Collected data entries:
· · ·

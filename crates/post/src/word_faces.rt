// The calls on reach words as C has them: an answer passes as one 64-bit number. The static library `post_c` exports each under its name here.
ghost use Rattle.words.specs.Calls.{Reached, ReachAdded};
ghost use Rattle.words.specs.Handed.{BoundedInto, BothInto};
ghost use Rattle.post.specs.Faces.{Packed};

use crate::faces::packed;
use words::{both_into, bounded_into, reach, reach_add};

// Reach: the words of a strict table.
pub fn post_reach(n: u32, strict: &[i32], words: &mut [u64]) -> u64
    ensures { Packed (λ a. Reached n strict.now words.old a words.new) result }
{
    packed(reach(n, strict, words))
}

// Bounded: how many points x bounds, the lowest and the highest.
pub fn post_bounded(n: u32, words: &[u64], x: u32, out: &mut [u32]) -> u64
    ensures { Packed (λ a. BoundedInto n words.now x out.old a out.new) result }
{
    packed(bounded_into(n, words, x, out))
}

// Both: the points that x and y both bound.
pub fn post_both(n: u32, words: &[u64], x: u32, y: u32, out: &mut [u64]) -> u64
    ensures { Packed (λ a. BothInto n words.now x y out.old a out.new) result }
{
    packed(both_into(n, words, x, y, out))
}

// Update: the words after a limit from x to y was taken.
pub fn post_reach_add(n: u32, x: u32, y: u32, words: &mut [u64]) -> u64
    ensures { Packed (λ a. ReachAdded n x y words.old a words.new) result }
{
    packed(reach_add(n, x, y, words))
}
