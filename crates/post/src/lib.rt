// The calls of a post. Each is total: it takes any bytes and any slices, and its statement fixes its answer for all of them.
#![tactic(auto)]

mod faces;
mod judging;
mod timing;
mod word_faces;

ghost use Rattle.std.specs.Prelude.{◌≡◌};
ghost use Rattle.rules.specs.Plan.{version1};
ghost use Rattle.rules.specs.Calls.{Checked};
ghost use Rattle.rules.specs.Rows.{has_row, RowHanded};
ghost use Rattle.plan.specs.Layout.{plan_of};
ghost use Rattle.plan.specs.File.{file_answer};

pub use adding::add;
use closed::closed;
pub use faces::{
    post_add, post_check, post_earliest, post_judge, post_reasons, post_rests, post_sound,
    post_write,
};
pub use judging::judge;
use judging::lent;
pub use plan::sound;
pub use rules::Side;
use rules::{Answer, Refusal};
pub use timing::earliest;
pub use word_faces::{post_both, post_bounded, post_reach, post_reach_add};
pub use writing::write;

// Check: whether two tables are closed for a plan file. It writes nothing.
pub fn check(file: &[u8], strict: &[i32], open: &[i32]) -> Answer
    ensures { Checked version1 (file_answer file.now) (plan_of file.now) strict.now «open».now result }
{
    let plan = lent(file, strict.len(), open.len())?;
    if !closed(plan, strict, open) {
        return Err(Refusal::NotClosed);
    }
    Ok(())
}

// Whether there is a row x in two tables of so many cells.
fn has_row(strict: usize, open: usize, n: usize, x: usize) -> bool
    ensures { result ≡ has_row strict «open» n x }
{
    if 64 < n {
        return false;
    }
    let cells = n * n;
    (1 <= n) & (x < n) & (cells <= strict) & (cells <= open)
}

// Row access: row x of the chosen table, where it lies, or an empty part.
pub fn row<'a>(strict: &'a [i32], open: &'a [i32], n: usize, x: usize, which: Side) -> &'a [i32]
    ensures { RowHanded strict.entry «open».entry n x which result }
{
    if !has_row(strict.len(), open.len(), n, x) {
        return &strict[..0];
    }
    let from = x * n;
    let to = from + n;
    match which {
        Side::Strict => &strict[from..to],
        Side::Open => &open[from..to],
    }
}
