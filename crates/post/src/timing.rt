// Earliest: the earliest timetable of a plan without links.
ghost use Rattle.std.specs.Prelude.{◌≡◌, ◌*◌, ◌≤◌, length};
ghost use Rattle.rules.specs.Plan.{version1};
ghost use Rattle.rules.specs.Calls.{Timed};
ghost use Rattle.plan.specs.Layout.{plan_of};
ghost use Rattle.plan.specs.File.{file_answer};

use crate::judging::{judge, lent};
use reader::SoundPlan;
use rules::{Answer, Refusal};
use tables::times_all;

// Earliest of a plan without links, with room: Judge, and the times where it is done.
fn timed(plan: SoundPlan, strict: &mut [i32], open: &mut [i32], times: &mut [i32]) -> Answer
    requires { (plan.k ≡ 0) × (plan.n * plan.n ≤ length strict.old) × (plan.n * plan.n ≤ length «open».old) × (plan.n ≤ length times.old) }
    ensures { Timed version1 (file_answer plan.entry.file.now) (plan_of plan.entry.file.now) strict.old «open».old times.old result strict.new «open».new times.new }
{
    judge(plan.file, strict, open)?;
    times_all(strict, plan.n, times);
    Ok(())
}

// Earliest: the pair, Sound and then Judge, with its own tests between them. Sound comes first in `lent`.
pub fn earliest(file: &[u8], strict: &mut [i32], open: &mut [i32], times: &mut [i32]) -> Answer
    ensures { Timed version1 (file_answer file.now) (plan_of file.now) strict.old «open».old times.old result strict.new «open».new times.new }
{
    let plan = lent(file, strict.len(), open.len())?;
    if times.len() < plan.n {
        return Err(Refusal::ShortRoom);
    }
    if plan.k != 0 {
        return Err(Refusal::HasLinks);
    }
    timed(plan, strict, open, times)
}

· · ·

• Work instruction: In full and without alteration, write out each record.

• Answer section:
filename crates/post/src/word_faces.rt
// The calls on reach words as C has them: an answer passes as one 64-bit number. The static library `post_c` exports each under its name here.
ghost use Rattle.words.specs.Calls.{Reached, ReachAdded};
ghost use Rattle.words.specs.Handed.{BoundedInto, BothInto};
ghost use Rattle.post.specs.Faces.{Packed};

use crate::faces::packed;
use words::{both_into, bounded_into, reach, reach_add};

// Reach: the words of a strict table.
pub fn post_reach(n: u32, strict: &[i32], words: &mut [u64]) -> u64
    ensures { Packed (λ a. Reached n strict.now words.old a words.new) result }
{
    packed(reach(n, strict, words))
}

// Bounded: how many points x bounds, the lowest and the highest.
pub fn post_bounded(n: u32, words: &[u64], x: u32, out: &mut [u32]) -> u64
    ensures { Packed (λ a. BoundedInto n words.now x out.old a out.new) result }
{
    packed(bounded_into(n, words, x, out))
}

// Both: the points that x and y both bound.
pub fn post_both(n: u32, words: &[u64], x: u32, y: u32, out: &mut [u64]) -> u64
    ensures { Packed (λ a. BothInto n words.now x y out.old a out.new) result }
{
    packed(both_into(n, words, x, y, out))
}

// Update: the words after a limit from x to y was taken.
pub fn post_reach_add(n: u32, x: u32, y: u32, words: &mut [u64]) -> u64
    ensures { Packed (λ a. ReachAdded n x y words.old a words.new) result }
{
    packed(reach_add(n, x, y, words))
}
filename crates/post/src/lib.rt
// The calls of a post. Each is total: it takes any bytes and any slices, and its statement fixes its answer for all of them.
#![tactic(auto)]

mod faces;
mod judging;
mod timing;
mod word_faces;

ghost use Rattle.std.specs.Prelude.{◌≡◌};
ghost use Rattle.rules.specs.Plan.{version1};
ghost use Rattle.rules.specs.Calls.{Checked};
ghost use Rattle.rules.specs.Rows.{has_row, RowHanded};
ghost use Rattle.plan.specs.Layout.{plan_of};
ghost use Rattle.plan.specs.File.{file_answer};

pub use adding::add;
use closed::closed;
pub use faces::{
    post_add, post_check, post_earliest, post_judge, post_reasons, post_rests, post_sound,
    post_write,
};
pub use judging::judge;
use judging::lent;
pub use plan::sound;
pub use rules::Side;
use rules::{Answer, Refusal};
pub use timing::earliest;
pub use word_faces::{post_both, post_bounded, post_reach, post_reach_add};
pub use writing::write;

// Check: whether two tables are closed for a plan file. It writes nothing.
pub fn check(file: &[u8], strict: &[i32], open: &[i32]) -> Answer
    ensures { Checked version1 (file_answer file.now) (plan_of file.now) strict.now «open».now result }
{
    let plan = lent(file, strict.len(), open.len())?;
    if !closed(plan, strict, open) {
        return Err(Refusal::NotClosed);
    }
    Ok(())
}

// Whether there is a row x in two tables of so many cells.
fn has_row(strict: usize, open: usize, n: usize, x: usize) -> bool
    ensures { result ≡ has_row strict «open» n x }
{
    if 64 < n {
        return false;
    }
    let cells = n * n;
    (1 <= n) & (x < n) & (cells <= strict) & (cells <= open)
}

// Row access: row x of the chosen table, where it lies, or an empty part.
pub fn row<'a>(strict: &'a [i32], open: &'a [i32], n: usize, x: usize, which: Side) -> &'a [i32]
    ensures { RowHanded strict.entry «open».entry n x which result }
{
    if !has_row(strict.len(), open.len(), n, x) {
        return &strict[..0];
    }
    let from = x * n;
    let to = from + n;
    match which {
        Side::Strict => &strict[from..to],
        Side::Open => &open[from..to],
    }
}
filename crates/post/src/timing.rt
// Earliest: the earliest timetable of a plan without links.
ghost use Rattle.std.specs.Prelude.{◌≡◌, ◌*◌, ◌≤◌, length};
ghost use Rattle.rules.specs.Plan.{version1};
ghost use Rattle.rules.specs.Calls.{Timed};
ghost use Rattle.plan.specs.Layout.{plan_of};
ghost use Rattle.plan.specs.File.{file_answer};

use crate::judging::{judge, lent};
use reader::SoundPlan;
use rules::{Answer, Refusal};
use tables::times_all;

// Earliest of a plan without links, with room: Judge, and the times where it is done.
fn timed(plan: SoundPlan, strict: &mut [i32], open: &mut [i32], times: &mut [i32]) -> Answer
    requires { (plan.k ≡ 0) × (plan.n * plan.n ≤ length strict.old) × (plan.n * plan.n ≤ length «open».old) × (plan.n ≤ length times.old) }
    ensures { Timed version1 (file_answer plan.entry.file.now) (plan_of plan.entry.file.now) strict.old «open».old times.old result strict.new «open».new times.new }
{
    judge(plan.file, strict, open)?;
    times_all(strict, plan.n, times);
    Ok(())
}

// Earliest: the pair, Sound and then Judge, with its own tests between them. Sound comes first in `lent`.
pub fn earliest(file: &[u8], strict: &mut [i32], open: &mut [i32], times: &mut [i32]) -> Answer
    ensures { Timed version1 (file_answer file.now) (plan_of file.now) strict.old «open».old times.old result strict.new «open».new times.new }
{
    let plan = lent(file, strict.len(), open.len())?;
    if times.len() < plan.n {
        return Err(Refusal::ShortRoom);
    }
    if plan.k != 0 {
        return Err(Refusal::HasLinks);
    }
    timed(plan, strict, open, times)
}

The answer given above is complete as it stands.